**Exercise requirements**
Provide the entries once more, identical in every word.

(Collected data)

= = = = =

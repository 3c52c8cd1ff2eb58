//! What is wrong with a text, in the words of the line that `check` prints.

ghost use Rattle.std.specs.Prelude.{◌≡◌, ◌++◌, OnOk};
ghost use Rattle.aces_reports.specs.FaultLines as lines;
ghost use Rattle.aces_explain.specs.Explanations as explanations;

use aces_reports::limit_word;
use ir_model::check::{CheckKind, CheckPlace};
use ir_model::token::Excess;
use plan_report::text::Text;
use std::alloc::AllocError;

/// Puts two texts.
fn put_both(text: &mut Text, first: &[u8], second: &[u8]) -> Result<(), AllocError>
    ensures { OnOk result (text.new ≡ text.old ++ (first.now ++ second.now)) }
{
    text.put(first)?;
    text.put(second)
}

/// Puts what a token passes.
pub(crate) fn put_passed(text: &mut Text, excess: Excess) -> Result<(), AllocError>
    ensures { OnOk result (text.new ≡ text.old ++ explanations.excess_text excess) }
{
    match excess {
        Excess::TooWide => text.put(b"number too wide"),
        Excess::Passes(which) => put_both(text, b"limit ", limit_word(which)),
    }
}

/// Puts how many bytes a frame would have.
fn put_frame(text: &mut Text, bytes: u32) -> Result<(), AllocError>
    ensures { OnOk result (text.new ≡ text.old ++ lines.kind_text (CheckKind.FrameTooLarge bytes)) }
{
    text.put(b"frame of ")?;
    text.put_decimal(u64::from(bytes))?;
    text.put(b" bytes")
}

/// Puts which check of a firmware fails.
pub(crate) fn put_kind(text: &mut Text, kind: &CheckKind) -> Result<(), AllocError>
    ensures { OnOk result (text.new ≡ text.old ++ lines.kind_text kind.now) }
{
    match kind {
        CheckKind::Unknown(name) => put_both(text, b"unknown ", name.as_slice()),
        CheckKind::Twice(name) => put_both(text, b"twice ", name.as_slice()),
        CheckKind::IllTyped => text.put(b"type"),
        CheckKind::NoMain => text.put(b"no main"),
        CheckKind::BadWindow => text.put(b"bad window"),
        CheckKind::WindowOverlap => text.put(b"windows overlap"),
        CheckKind::BadInit => text.put(b"bad init"),
        CheckKind::ObjectTooLarge => text.put(b"object too large"),
        CheckKind::FrameTooLarge { bytes } => put_frame(text, *bytes),
    }
}

/// Puts the place of an instruction.
fn put_instruction(text: &mut Text, func: &[u8], block: &[u8], inst: u32) -> Result<(), AllocError>
    ensures { OnOk result (text.new ≡ text.old ++ lines.place_text (CheckPlace.Inst func.now block.now inst)) }
{
    put_both(text, func, b" block ")?;
    put_both(text, block, b" instruction ")?;
    text.put_decimal(u64::from(inst))
}

/// Puts where a check of a firmware fails.
pub(crate) fn put_place(text: &mut Text, place: &CheckPlace) -> Result<(), AllocError>
    ensures { OnOk result (text.new ≡ text.old ++ lines.place_text place.now) }
{
    match place {
        CheckPlace::Struct(name) => put_both(text, b"struct ", name.as_slice()),
        CheckPlace::Periph(name) => put_both(text, b"peripheral ", name.as_slice()),
        CheckPlace::Global(name) => put_both(text, b"global ", name.as_slice()),
        CheckPlace::File(name) => put_both(text, b"file ", name.as_slice()),
        CheckPlace::Func(name) => put_both(text, b"function ", name.as_slice()),
        CheckPlace::Inst { func, block, inst } => {
            put_instruction(text, func.as_slice(), block.as_slice(), *inst)
        }
        CheckPlace::Whole => text.put(b"firmware"),
    }
}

= = = = =

**Solution for this exercise**
repository 3c52c8cd1ff2eb58
//! What is wrong with a text, in the words of the line that `check` prints.

ghost use Rattle.std.specs.Prelude.{◌≡◌, ◌++◌, OnOk};
ghost use Rattle.aces_reports.specs.FaultLines as lines;
ghost use Rattle.aces_explain.specs.Explanations as explanations;

use aces_reports::limit_word;
use ir_model::check::{CheckKind, CheckPlace};
use ir_model::token::Excess;
use plan_report::text::Text;
use std::alloc::AllocError;

/// Puts two texts.
fn put_both(text: &mut Text, first: &[u8], second: &[u8]) -> Result<(), AllocError>
    ensures { OnOk result (text.new ≡ text.old ++ (first.now ++ second.now)) }
{
    text.put(first)?;
    text.put(second)
}

/// Puts what a token passes.
pub(crate) fn put_passed(text: &mut Text, excess: Excess) -> Result<(), AllocError>
    ensures { OnOk result (text.new ≡ text.old ++ explanations.excess_text excess) }
{
    match excess {
        Excess::TooWide => text.put(b"number too wide"),
        Excess::Passes(which) => put_both(text, b"limit ", limit_word(which)),
    }
}

/// Puts how many bytes a frame would have.
fn put_frame(text: &mut Text, bytes: u32) -> Result<(), AllocError>
    ensures { OnOk result (text.new ≡ text.old ++ lines.kind_text (CheckKind.FrameTooLarge bytes)) }
{
    text.put(b"frame of ")?;
    text.put_decimal(u64::from(bytes))?;
    text.put(b" bytes")
}

/// Puts which check of a firmware fails.
pub(crate) fn put_kind(text: &mut Text, kind: &CheckKind) -> Result<(), AllocError>
    ensures { OnOk result (text.new ≡ text.old ++ lines.kind_text kind.now) }
{
    match kind {
        CheckKind::Unknown(name) => put_both(text, b"unknown ", name.as_slice()),
        CheckKind::Twice(name) => put_both(text, b"twice ", name.as_slice()),
        CheckKind::IllTyped => text.put(b"type"),
        CheckKind::NoMain => text.put(b"no main"),
        CheckKind::BadWindow => text.put(b"bad window"),
        CheckKind::WindowOverlap => text.put(b"windows overlap"),
        CheckKind::BadInit => text.put(b"bad init"),
        CheckKind::ObjectTooLarge => text.put(b"object too large"),
        CheckKind::FrameTooLarge { bytes } => put_frame(text, *bytes),
    }
}

/// Puts the place of an instruction.
fn put_instruction(text: &mut Text, func: &[u8], block: &[u8], inst: u32) -> Result<(), AllocError>
    ensures { OnOk result (text.new ≡ text.old ++ lines.place_text (CheckPlace.Inst func.now block.now inst)) }
{
    put_both(text, func, b" block ")?;
    put_both(text, block, b" instruction ")?;
    text.put_decimal(u64::from(inst))
}

/// Puts where a check of a firmware fails.
pub(crate) fn put_place(text: &mut Text, place: &CheckPlace) -> Result<(), AllocError>
    ensures { OnOk result (text.new ≡ text.old ++ lines.place_text place.now) }
{
    match place {
        CheckPlace::Struct(name) => put_both(text, b"struct ", name.as_slice()),
        CheckPlace::Periph(name) => put_both(text, b"peripheral ", name.as_slice()),
        CheckPlace::Global(name) => put_both(text, b"global ", name.as_slice()),
        CheckPlace::File(name) => put_both(text, b"file ", name.as_slice()),
        CheckPlace::Func(name) => put_both(text, b"function ", name.as_slice()),
        CheckPlace::Inst { func, block, inst } => {
            put_instruction(text, func.as_slice(), block.as_slice(), *inst)
        }
        CheckPlace::Whole => text.put(b"firmware"),
    }
}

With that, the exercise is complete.